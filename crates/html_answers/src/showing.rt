//! What a room shows of a page with its query.

ghost use Rattle.std.specs.Prelude.{◌≡◌, ◌≤◌, IfOk, IfSome, Some};
ghost use Rattle.html_answers.specs.Showing as shows;
ghost use Rattle.html_answers.specs.declared.asked.HtmlPage.TheVariants as kind;
ghost use Rattle.room_requests.specs.declared.page.Page.TheVariants as room;

use crate::asked::HtmlPage;
use html_lists::{HtmlLists, register, surname};
use html_pages::HtmlLibrary;
use html_parts::{Words, style_sheet};
use room_requests::{Page, Query, number_in};
use sheets::Generations;
use std::alloc::{AllocError, Global};

/// What is found of a page that is asked for.
#[derive(Debug, Drop)]
pub(crate) enum HtmlFound {
    /// It is shown with these bytes.
    Page(Words),
    /// It is the style sheet.
    Style(Words),
    /// Its record is none that is shown, or its list has no such page: 404.
    NotShown,
    /// Its record is shown, but the query is wrong: 400.
    WrongQuery,
}

/// What is found of a page with its query.
pub(crate) fn show(
    alloc: Global,
    lists: &HtmlLists,
    page: HtmlPage,
    query: &Query,
) -> Result<HtmlFound, AllocError>
    ensures { IfOk result
        (λ found. found ≡ shows.shown lists.now.state.records lists.now.society page query.now) }
{
    match page {
        HtmlPage::Room(page) => show_room(alloc, lists, page, query),
        HtmlPage::Search => show_search(alloc, lists, query),
        HtmlPage::Style => Ok(HtmlFound::Style(Words::new(style_sheet(alloc)?))),
    }
}

fn show_room(
    alloc: Global,
    lists: &HtmlLists,
    page: Page,
    query: &Query,
) -> Result<HtmlFound, AllocError>
    ensures { IfOk result
        (λ found. found ≡ shows.shown lists.now.state.records lists.now.society (kind.Room page) query.now) }
{
    let library = lists.library();
    let society = lists.society().as_str();
    match page {
        Page::Index => Ok(HtmlFound::Page(lists.home(alloc)?)),
        Page::Person(number) => Ok(page_found(library.person(alloc, society, number)?)),
        Page::Family(number) => Ok(page_found(library.family(alloc, society, number)?)),
        Page::Pedigree(number) => {
            let generations = query.generations(alloc)?;
            show_pedigree(alloc, library, society, number, generations)
        }
        Page::Register(number) => {
            let at = page_asked(alloc, query)?;
            show_register(alloc, library, society, number, at)
        }
        Page::Surname => show_asked_surname(alloc, library, society, query),
    }
}

fn page_found(page: Option<Words>) -> HtmlFound
    ensures { result ≡ shows.page_found page }
{
    match page {
        None => HtmlFound::NotShown,
        Some(text) => HtmlFound::Page(text),
    }
}

/// A page that is asked for by a wrong query.
fn wrongly_asked(page: Option<Words>) -> HtmlFound
    ensures { result ≡ shows.wrongly_asked page }
{
    match page {
        None => HtmlFound::NotShown,
        Some(_) => HtmlFound::WrongQuery,
    }
}

/// The pedigree of a person, of so many generations. `None`: the query has no right number of them.
fn show_pedigree(
    alloc: Global,
    library: &HtmlLibrary,
    society: &str,
    number: u32,
    generations: Option<u32>,
) -> Result<HtmlFound, AllocError>
    requires { IfSome generations (λ n. (1 ≤ n) × (n ≤ 12)) }
    ensures { IfOk result (λ found. found
        ≡ shows.pedigree_found library.now.records society.now number generations) }
{
    match generations {
        Some(count) => {
            let page = library.pedigree(alloc, society, number, generations_of(count))?;
            Ok(page_found(page))
        }
        None => {
            let page = library.pedigree(alloc, society, number, generations_of(1))?;
            Ok(wrongly_asked(page))
        }
    }
}

/// That many generations.
fn generations_of(count: u32) -> Generations
    requires { (1 ≤ count) × (count ≤ 12) }
    ensures { result.count ≡ count }
{
    match Generations::new(count) {
        Some(generations) => generations,
        None => unreachable!(),
    }
}

fn show_register(
    alloc: Global,
    library: &HtmlLibrary,
    society: &str,
    number: u32,
    at: Option<u32>,
) -> Result<HtmlFound, AllocError>
    ensures { IfOk result (λ found. found ≡ shows.register_found library.now.records society.now number at) }
{
    match at {
        None => Ok(HtmlFound::NotShown),
        Some(at) => {
            let page = register(alloc, library, society, number, at as usize)?;
            Ok(page_found(page))
        }
    }
}

/// The persons of the surname that a query names.
fn show_asked_surname(
    alloc: Global,
    library: &HtmlLibrary,
    society: &str,
    query: &Query,
) -> Result<HtmlFound, AllocError>
    ensures { IfOk result (λ found. found
        ≡ shows.shown library.now.records society.now (kind.Room room.Surname) query.now) }
{
    let at = page_asked(alloc, query)?;
    match query.name(alloc)? {
        Some(of) => show_surname(alloc, library, society, of.as_str(), at),
        None => Ok(HtmlFound::WrongQuery),
    }
}

fn show_surname(
    alloc: Global,
    library: &HtmlLibrary,
    society: &str,
    of: &str,
    at: Option<u32>,
) -> Result<HtmlFound, AllocError>
    ensures { IfOk result (λ found. found ≡ shows.surname_found library.now.records society.now of.now at) }
{
    match at {
        None => Ok(HtmlFound::NotShown),
        Some(at) => {
            let page = surname(alloc, library, society, of, at as usize)?;
            Ok(page_found(page))
        }
    }
}

/// What is found by the words that a query has.
fn show_search(alloc: Global, lists: &HtmlLists, query: &Query) -> Result<HtmlFound, AllocError>
    ensures { IfOk result
        (λ found. found ≡ shows.shown lists.now.state.records lists.now.society kind.Search query.now) }
{
    let at = page_asked(alloc, query)?;
    match query.first_value(alloc, "q")? {
        Some(text) => show_found(alloc, lists, text.as_str(), at),
        None => show_found(alloc, lists, "", at),
    }
}

fn show_found(
    alloc: Global,
    lists: &HtmlLists,
    text: &str,
    at: Option<u32>,
) -> Result<HtmlFound, AllocError>
    ensures { IfOk result
        (λ found. found ≡ shows.search_found lists.now.state.records lists.now.society text.now at) }
{
    match at {
        None => Ok(HtmlFound::NotShown),
        Some(at) => {
            let page = lists.search(alloc, text, at as usize)?;
            Ok(page_found(page))
        }
    }
}

/// Which page of a list a query asks for: the first where it does not say. `None`: what it says is no number.
fn page_asked(alloc: Global, query: &Query) -> Result<Option<u32>, AllocError>
    ensures { IfOk result (λ at. at ≡ shows.page_asked query.now) }
{
    match query.first_value(alloc, "page")? {
        None => Ok(Some(1)),
        Some(text) => Ok(number_in(10, text.as_str())),
    }
}
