//! The bytes of a sheet as lines.

ghost use Rattle.std.specs.Prelude.{◌≡◌, ◌++◌, ◌∷◌, [], IfOk, false};
ghost use Rattle.table_pages.specs.LineEnds.{line_feeds as line_feeds_of, without_mark as without_mark_of};

use std::alloc::{AllocError, Global};

/// Without the byte order mark of UTF-8 before them.
pub(crate) fn without_mark(bytes: &[u8]) -> &[u8]
    ensures { result.now ≡ without_mark_of bytes.now }
{
    match bytes {
        [0xEF, 0xBB, 0xBF, more @ ..] => more,
        _ => bytes,
    }
}

/// The bytes with LF for each CR LF and each CR.
pub(crate) fn line_feeds(alloc: Global, bytes: &[u8]) -> Result<Vec<u8>, AllocError>
    ensures { IfOk result (λ all. all.items ≡ line_feeds_of false bytes.now) }
{
    let mut all = Vec::new(alloc);
    let mut after_return = false;
    for byte in bytes {
        if *byte == b'\r' {
            all.push(b'\n')?;
        } else if !(*byte == b'\n' && after_return) {
            all.push(*byte)?;
        }
        after_return = *byte == b'\r';
    }
    Ok(all)
}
# # # # # # #
Problem statement ->
The line with "use crate::asked::HtmlPage;" marks the end; reproduce exactly every line from the start of the entries up to it, that line included.

Task response ->
filename crates/html_answers/src/showing.rt
//! What a room shows of a page with its query.

ghost use Rattle.std.specs.Prelude.{◌≡◌, ◌≤◌, IfOk, IfSome, Some};
ghost use Rattle.html_answers.specs.Showing as shows;
ghost use Rattle.html_answers.specs.declared.asked.HtmlPage.TheVariants as kind;
ghost use Rattle.room_requests.specs.declared.page.Page.TheVariants as room;

use crate::asked::HtmlPage;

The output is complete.